Now for uniqueness, if we are to have any chance of making $\tilde X$ reduced rank we need $X\alpha \propto \one$ otherwise it can't be eliminated. But we can produce a $\gamma$ such that $X\gamma = d\one$ for any $d \in \mathbb R$ (although we'll take $d\neq 0$ since that's for $\gamma=0$). If we do this, then the corresponding calculation for $c$ is
$$
X\gamma - d\one = X\gamma + \left(\frac{-d}{\gamma^T\one}\right)\one_n\one_p^T\gamma = 0
$$
so $c =\frac{-d}{\gamma^T\one}$. But $X\gamma = d\one=d(X\alpha) \implies \gamma = d\alpha$ so actually there is just a single $c$ that works. Thus if $\one \in \mathcal C(X)$ we can find a $c$ that makes $\tilde X$ low rank but there's just one such $c$ so a "random" $c$ is very unlikely to make this happen.

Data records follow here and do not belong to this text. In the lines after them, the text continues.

//! Words in spellings that no example of docs/COMMANDS.md has.
ghost use Rattle.std.specs.Prelude.{◌≡◌, ◌∷◌, [], Some, None, Ok, codes};
ghost use Rattle.row_forms.specs.Words.{words};
ghost use Rattle.telecommands.specs.Commands.{command_said, command_shown};
ghost use Rattle.telecommands.specs.Dictionary.{dictionary};

/// Several tables, in words and in bytes, and a time behind the epoch.
pub fn worked_spellings()
    ensures start { command_said None 1 dictionary (words (codes "md.start tables=1,3,4"))
        ≡ Ok (0x18 ∷ 0x90 ∷ 0xC0 ∷ 0x00 ∷ 0x00 ∷ 0x03 ∷ 0x02 ∷ 0xBB ∷ 0x00 ∷ 0x0D ∷ []) }
    ensures started { command_shown dictionary
        (0x18 ∷ 0x90 ∷ 0xC0 ∷ 0x00 ∷ 0x00 ∷ 0x03 ∷ 0x02 ∷ 0xBB ∷ 0x00 ∷ 0x0D ∷ [])
        ≡ codes "md.start tables=1,3,4" }
    ensures stop { command_said None 1 dictionary (words (codes "md.stop tables=1,3,4"))
        ≡ Ok (0x18 ∷ 0x90 ∷ 0xC0 ∷ 0x00 ∷ 0x00 ∷ 0x03 ∷ 0x03 ∷ 0xBA ∷ 0x00 ∷ 0x0D ∷ []) }
    ensures stopped { command_shown dictionary
        (0x18 ∷ 0x90 ∷ 0xC0 ∷ 0x00 ∷ 0x00 ∷ 0x03 ∷ 0x03 ∷ 0xBA ∷ 0x00 ∷ 0x0D ∷ [])
        ≡ codes "md.stop tables=1,3,4" }
    ensures jump { command_said (Some 1000) 1 dictionary (words (codes "sc.jump_ats time=+0:08:20"))
        ≡ Ok (0x18 ∷ 0xA9 ∷ 0xC0 ∷ 0x00 ∷ 0x00 ∷ 0x05 ∷ 0x09 ∷ 0x5B ∷ 0x00 ∷ 0x00 ∷ 0x05 ∷ 0xDC
        ∷ []) }
{}
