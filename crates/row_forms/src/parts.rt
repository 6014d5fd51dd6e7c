//! Parts of a text between commas, and bytes behind others.
ghost use Rattle.std.specs.Prelude.{◌≡◌, ◌==◌, ◌<◌, ◌++◌, ◌∷◌, [], length, replicate, decimal, OnOk, IfSome, MatchOption};
ghost use Rattle.std.specs.List.{position};
ghost use Rattle.packet_forms.specs.Hex.{hex, hex_digit};
ghost use Rattle.row_forms.specs.Lists.{parts};

use itoa::Buffer;
use packet_forms::{behind, front};
use std::alloc::AllocError;

fn first_comma(text: &[u8]) -> Option<usize>
    ensures { result ≡ position (λ b. b == 44) text.now }
{
    text.iter().position(|b| *b == b',')
}

/// The part before the first comma, and what comes behind the comma, where there is one.
pub(crate) fn split_part(text: &[u8]) -> (&[u8], Option<&[u8]>)
    ensures parts { MatchOption result.1
        (parts text.now ≡ result.0.now ∷ [])
        (λ rest. parts text.now ≡ result.0.now ∷ parts rest.now) }
    ensures shorter { IfSome result.1 (λ rest. length rest.now < length text.now) }
{
    match first_comma(text) {
        Some(at) => (front(text, at), Some(behind(text, at + 1))),
        None => (text, None),
    }
}

/// Appends so many zero bytes.
pub fn push_zeros(count: usize, out: &mut Vec<u8>) -> Result<(), AllocError>
    ensures { OnOk result (out.new.items ≡ out.old.items ++ replicate count 0) }
{
    for _done in 0..count {
        out.push(0)?;
    }
    Ok(())
}

/// Appends the decimal digits of a number.
pub fn push_decimal(number: u32, out: &mut Vec<u8>) -> Result<(), AllocError>
    ensures { OnOk result (out.new.items ≡ out.old.items ++ decimal number) }
{
    let mut buffer = Buffer::new();
    out.extend_from_slice(buffer.format(number).as_bytes())
}

/// A hexadecimal digit, in upper case.
fn hex_digit(value: u8) -> u8
    requires { value < 16 }
    ensures { result ≡ hex_digit value }
{
    if value < 10 { 48 + value } else { 55 + value }
}

/// Appends the two hexadecimal digits of each byte.
pub fn push_hex(bytes: &[u8], out: &mut Vec<u8>) -> Result<(), AllocError>
    ensures { OnOk result (out.new.items ≡ out.old.items ++ hex bytes.now) }
{
    for byte in bytes {
        out.extend_from_slice(&[hex_digit(*byte / 16), hex_digit(*byte % 16)])?;
    }
    Ok(())
}
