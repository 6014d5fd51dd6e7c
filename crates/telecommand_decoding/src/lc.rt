//! What Limit Checker makes of its commands' words.
ghost use Rattle.std.specs.Prelude.{◌≡◌, ℕ, [], ◌∷◌, Option, Ok, true, false, map, codes, slice_index};
ghost use Rattle.packet_forms.specs.Built.{command_of};
ghost use Rattle.packet_forms.specs.MessageIds.{lc_command, lc_request};
ghost use Rattle.lc_watch.specs.Messages.{lc_codes};
ghost use Rattle.lc_watch.specs.Instructions.{lc_language};
ghost use Rattle.lc_watch.specs.Decoded.{to_nothing, to_switch};
ghost use Rattle.telecommands.specs.Commands.{command_said};
ghost use Rattle.telecommands.specs.Dictionary.{dictionary};
ghost use Rattle.telecommand_decoding.specs.Decoding.{Decodes, codes_of};

/// The dictionary has exactly the codes that Limit Checker takes, and the request for its housekeeping. Whatever words stand behind a
/// command's name, the packet that they say is decoded as this instruction with the numbers that they say, in their order.
pub fn lc_words_are_decoded()
    ensures codes { codes_of lc_command ≡ map (λ row. row.0) lc_codes }
    ensures request { (epoch : Option ℕ) (n : ℕ)
        → command_said epoch n dictionary (codes "lc.housekeeping" ∷ [])
        ≡ Ok (command_of lc_request 0 []) }
    ensures requests { codes_of lc_request ≡ 0 ∷ [] }
    ensures no_op { Decodes lc_language (codes "lc.no_op") 0 (λ ns. to_nothing) }
    ensures reset_counts { Decodes lc_language (codes "lc.reset_counts") 1 (λ ns. to_nothing) }
    ensures set_active { Decodes lc_language (codes "lc.set_active") 2
        (λ ns. to_switch (slice_index ns 0) true) }
    ensures set_passive { Decodes lc_language (codes "lc.set_passive") 3
        (λ ns. to_switch (slice_index ns 0) false) }
{}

Case II: $\alpha^T\one_p = 0$. Again we'll try to find a $\gamma$ with $\tilde X\gamma=0$, so as before we'll have to take $\gamma = d\alpha$ for some $d$. Assuming we have such a $\gamma$ then
$$
\tilde X\gamma = X\gamma + c\one_n\one_p^T\gamma = dX\alpha + cd\one_n^T\one^T\alpha = d\one \neq 0
$$
so in this special case there is no way to make $\tilde X$ reduced rank.
$\square$
So ultimately it's all about the column space rather than the individual vectors in $X$. If $\one \in \mathcal C(X)$ it's possible to get $\tilde X$ reduced rank, like in my example at the beginning with $c=2$, but in that case this is in fact the only such $c$ that works, so if $c$ is not carefully chosen we probably don't need to worry.
Here's an example where there's no such $c$: take
$$
X = \left(\begin{array}{cc} 1&0 \\ 1&0 \\ 0&-1 \\ 0&-1\end{array}\right)
$$
and note how $\one \in \mathcal C(X)$ and the way to get it is $X\alpha$ with $\alpha = {1\choose -1}$. Thus $\alpha^T\one = 0$. There's no way to make this matrix low rank by adding a constant to it. If we add $-1$ then we eliminate the top half of the first column, but we add to its lower half and the rank is preserved. And etc.